Je l'ai aussi réinitialisé, sans succès... d'où mon arrivée sur ce forum ;-)


----------



## Moonwalker (4 Mars 2010)

http://support.apple.com/kb/TS1410?viewlocale=fr_FR


----------



## didz3001 (4 Mars 2010)

je vais essayer de brancher mon IPOD sur PC pour voir s'il le reconnait encore. C'était le cas aurparavant. C'est quand meme dingue que ça marche mieux avec un PC qu'avec un IMAC cet IPOD!!!!!! Moi qui pensait résoudre ce genre de pbl en passant sur MAC! Je suis dégouté.


----------



## Macuserman (4 Mars 2010)

Bon, on va essayer une méthode autre.
Mais avant tout tâche de relativiser les choses hein, c'est pas la fin du monde, et on va résoudre ton souci, il n'y a aucun doute.

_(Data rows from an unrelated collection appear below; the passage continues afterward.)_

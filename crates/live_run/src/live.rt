//! The command `run CAP -i`: each line is run as soon as it is read, and its reply is written and flushed before more is read.
ghost use Rattle.std.specs.Prelude.{◌≡◌, ◌<◌, ◌≤◌, ◌+◌, ◌++◌, [], None, IfOk, IfErr, OnOk, IsTrue, drop, length, vec_len};
ghost use Rattle.machine.specs.Ledger.{Ledger, empty};
ghost use Rattle.event_text.specs.TextLook.{line_end};
ghost use Rattle.rent_io.specs.Call.{Took, reading, writing};
ghost use Rattle.session_core.specs.Session.{SessionStands};
ghost use Rattle.live_run.specs.Live.{LiveGives};
ghost use Rattle.live_run.specs.Living.{EndsAtLine, FinishGives, GoesFor, SinkStops, WhyNoMore};

use crate::line::{run_line, whole_line};
use rent_io::{ByteSink, ByteSource};
use session_core::{MOST_INPUT, Session, Status, Stop};
use std::alloc::{AllocError, Global};

// The most reads that find bytes in an input that isn't too long, and one more.
const READS: usize = MOST_INPUT + 1;

// How many bytes one read asks for.
const PIECE: usize = 65536;

/// Runs the events of lines over a queue of so many entries, at least one, each as soon as its line is read, and writes and flushes its
/// reply before more is read. At the end of the input it gives the session back. Else it ends with a status as `top` does, but that the
/// lines before have run then: at a wrong line `line N` is written behind their replies. No line may be named when it is called;
/// afterwards `stop` names the line that is wrong, if there was memory for its text, or at which memory ran out. (not in monoio)
pub fn run_live<S: ByteSource, K: ByteSink>(
    alloc: Global,
    capacity: u32,
    source: &mut S,
    sink: &mut K,
    stop: &mut Option<Stop>,
) -> Result<Session, Status>
    requires capacity { 0 < capacity }
    requires running { stop.old ≡ None }
    ensures { LiveGives S.tells K.tells (empty capacity) (reading S.left S.faults source.old source.new)
        (writing K.taken K.faults K.is_flushed sink.old sink.new) stop.new result }
{
    let Ok(session) = Session::new(alloc, capacity) else {
        return Err(Status::OutOfMemory);
    };
    let Ok(piece) = zeros(alloc, PIECE) else {
        return Err(Status::OutOfMemory);
    };
    run_pieces(alloc, session, piece, source, sink, stop)
}

// So many bytes 0.
fn zeros(alloc: Global, count: usize) -> Result<Vec<u8>, AllocError>
    ensures { IfOk result (λ bytes. vec_len bytes ≡ count) }
{
    vec![in alloc; 0; count]
}

// Runs the events of lines on a session, each as soon as its line is read.
fn run_pieces<S: ByteSource, K: ByteSink>(
    alloc: Global,
    mut session: Session,
    mut piece: Vec<u8>,
    source: &mut S,
    sink: &mut K,
    stop: &mut Option<Stop>,
) -> Result<Session, Status>
    requires piece { vec_len piece ≡ PIECE }
    requires running { stop.old ≡ None }
    ensures { (L : Ledger) → SessionStands session L → LiveGives S.tells K.tells L (reading S.left S.faults source.old source.new)
        (writing K.taken K.faults K.is_flushed sink.old sink.new) stop.new result }
{
    let mut text = Vec::new(alloc);
    let mut ran: u64 = 0;
    let mut taken: usize = 0;
    // Each turn takes a byte at least, so the budget is one more than what may be read.
    for turn in 0..READS {
        let count = match read_more(source, &mut piece, &mut text, taken) {
            Ok(count) => count,
            Err(status) => return Err(status),
        };
        if count == 0 {
            return finish(alloc, session, text.as_slice(), ran, sink, stop);
        }
        taken += count;
        match run_whole(alloc, &mut session, text.as_slice(), ran, sink, stop) {
            Ok(done) => {
                ran = done.ran;
                cut_front(&mut text, done.bytes);
            }
            Err(status) => return Err(status),
        }
    }
    Err(Status::TooLong)
}

// Reads once behind so many bytes, and joins what came to the text; 0 is the end.
fn read_more<S: ByteSource>(
    source: &mut S,
    piece: &mut Vec<u8>,
    text: &mut Vec<u8>,
    taken: usize,
) -> Result<usize, Status>
    requires piece { 0 < vec_len piece.old }
    requires few { taken ≤ MOST_INPUT }
    ensures piece { vec_len piece.new ≡ vec_len piece.old }
    ensures joined { OnOk result (IsTrue S.tells → text.new.items ++ S.left source.new ≡ text.old.items ++ S.left source.old) }
    ensures longer { IfOk result (λ n. vec_len text.new ≡ vec_len text.old + n) }
    ensures few { IfOk result (λ n. taken + n ≤ MOST_INPUT) }
    ensures took { IfOk result (λ n. IsTrue S.tells → Took (S.left source.old) (S.left source.new) n) }
    ensures end { IfOk result (λ n. n ≡ 0 → text.new.items ≡ text.old.items) }
    ensures past { IfOk result (λ n. n ≡ 0 → IsTrue S.tells → S.left source.new ≡ []) }
    ensures order { OnOk result (S.faults source.old ≤ S.faults source.new) }
    ensures calm { OnOk result (IsTrue S.tells → S.faults source.new ≡ S.faults source.old) }
    ensures why { IfErr result (WhyNoMore S.tells taken (reading S.left S.faults source.old source.new)) }
{
    let count = match source.read(piece.as_mut_slice()) {
        Ok(count) => count,
        Err(_) => return Err(Status::ReadFault),
    };
    if MOST_INPUT - taken < count {
        return Err(Status::TooLong);
    }
    match append(text, &piece.as_slice()[..count]) {
        Ok(()) => Ok(count),
        Err(_) => Err(Status::OutOfMemory),
    }
}

// Bytes join a text.
fn append(text: &mut Vec<u8>, bytes: &[u8]) -> Result<(), AllocError>
    ensures ok { OnOk result (text.new.items ≡ text.old.items ++ bytes.now) }
    ensures count { OnOk result (vec_len text.new ≡ vec_len text.old + length bytes.now) }
{
    text.extend_from_slice(bytes)?;
    Ok(())
}

// The first bytes go.
fn cut_front(bytes: &mut Vec<u8>, count: usize)
    requires { count ≤ vec_len bytes.old }
    ensures { bytes.new.items ≡ drop count bytes.old.items }
{
    let left = bytes.len() - count;
    bytes.as_mut_slice().copy_within(count.., 0);
    bytes.truncate(left);
}

// How many lines have run, and how many bytes of a text those had that it began with.
struct Done {
    ran: u64,
    bytes: usize,
}

impl Drop for Done {
    fn drop(self) {
        let Done { ran: _, bytes: _ } = self;
    }
}

// Runs the lines of a text that a newline ends.
fn run_whole<K: ByteSink>(
    alloc: Global,
    session: &mut Session,
    text: &[u8],
    mut ran: u64,
    sink: &mut K,
    stop: &mut Option<Stop>,
) -> Result<Done, Status>
    requires few { ran + length text.now ≤ MOST_INPUT }
    requires running { stop.old ≡ None }
    ensures within { IfOk result (λ done. done.bytes ≤ length text.now) }
    ensures few { IfOk result (λ done. done.ran ≤ ran + done.bytes) }
    ensures rest { IfOk result (λ done. line_end (drop done.bytes text.now) ≡ []) }
    ensures goes { IfOk result (λ done. GoesFor K.tells text.now (drop done.bytes text.now) session.old session.new (K.taken sink.old)
        (K.taken sink.new) ran done.ran) }
    ensures unnamed { OnOk result (stop.new ≡ None) }
    ensures order { OnOk result (K.faults sink.old ≤ K.faults sink.new) }
    ensures calm { OnOk result (IsTrue K.tells → K.faults sink.new ≡ K.faults sink.old) }
    ensures ends { IfErr result (EndsAtLine K.tells text.now session.old (K.taken sink.old) (K.taken sink.new) ran stop.new) }
    ensures why { IfErr result (SinkStops K.tells (writing K.taken K.faults K.is_flushed sink.old sink.new)) }
{
    let mut rest = text;
    while let Some((line, behind)) = whole_line(rest) {
        match run_line(alloc, session, line, ran + 1, sink, stop) {
            Ok(()) => {}
            Err(status) => return Err(status),
        }
        ran += 1;
        rest = behind;
    }
    Ok(Done {
        ran,
        bytes: text.len() - rest.len(),
    })
}

// Runs the last line, if no newline ended it, and gives the session back.
fn finish<K: ByteSink>(
    alloc: Global,
    mut session: Session,
    text: &[u8],
    ran: u64,
    sink: &mut K,
    stop: &mut Option<Stop>,
) -> Result<Session, Status>
    requires one { line_end text.now ≡ [] }
    requires few { ran ≤ MOST_INPUT }
    requires running { stop.old ≡ None }
    ensures gives { FinishGives K.tells text.now session (K.taken sink.old) (K.taken sink.new) ran stop.new result }
    ensures unnamed { OnOk result (stop.new ≡ None) }
    ensures flushed { OnOk result (IsTrue (K.is_flushed sink.new)) }
    ensures why { IfErr result (SinkStops K.tells (writing K.taken K.faults K.is_flushed sink.old sink.new)) }
{
    if text.is_empty() {
        return match sink.flush() {
            Ok(()) => Ok(session),
            Err(_) => Err(Status::WriteFault),
        };
    }
    match run_line(alloc, &mut session, text, ran + 1, sink, stop) {
        Ok(()) => Ok(session),
        Err(status) => Err(status),
    }
}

La restauration c'est pas compliqué, et tu n'as pas besoin de "suivre des étapes". Tu branches, tu cliques sur "restaurer" et tu laisses iTunes faire&#8230;

Tiens nous au jus !


----------



## jerome69300 (4 Mars 2010)

Bonjour à tous et merci pour vos réponses.

Mon probleme est résolu... j'ai restauré mon iPod depuis mon ancien PC... il a été enfin reconnu par iTunes sur l'iMac (au format Windows) ! Comme je n'arrivais pas à synchroniser, je l'ai restauré à nouveau depuis l'iMac. Il est maintenant au format "Macintosh".

Tout est OK maintenant. La morale c'est que Steve Jobs n'aime vraiment pas Bill Gates !


----------



## Macuserman (5 Mars 2010)

Bon bah j'avais pas tort ! 
Bienvenue sur Mac.


----------



## Vijay (5 Mars 2010)

Et bah parfait j'allais te proposer cette manipulation qui m'a sauvé hier soir  le même problème que toi avec un iPod 5G d'il y a 5ans!!!

Restauration sous mac impossible.... (je n'ai plus de PC ).

Je restaure avec un eepc emprunté à quelqu'un je le rebranche à mon mac hop il est reconnu et je peu enfin rerestaurer en format Mac bien sur 

Et je peux reenjoy ma nouvelle bibliothèque musicale car il est vrai cet iPod n'avais pas été synchronisé depuis au moins 4 ans  Mais là avec iHome c'est impec!


----------



## didz3001 (9 Mars 2010)

Merci à Jérôme. Ca marche. Il suffit de restaurer sur PC pour que l'IMAC le reconnaisse.
Après réflexion  ça semble logique.
Merci à tous


----------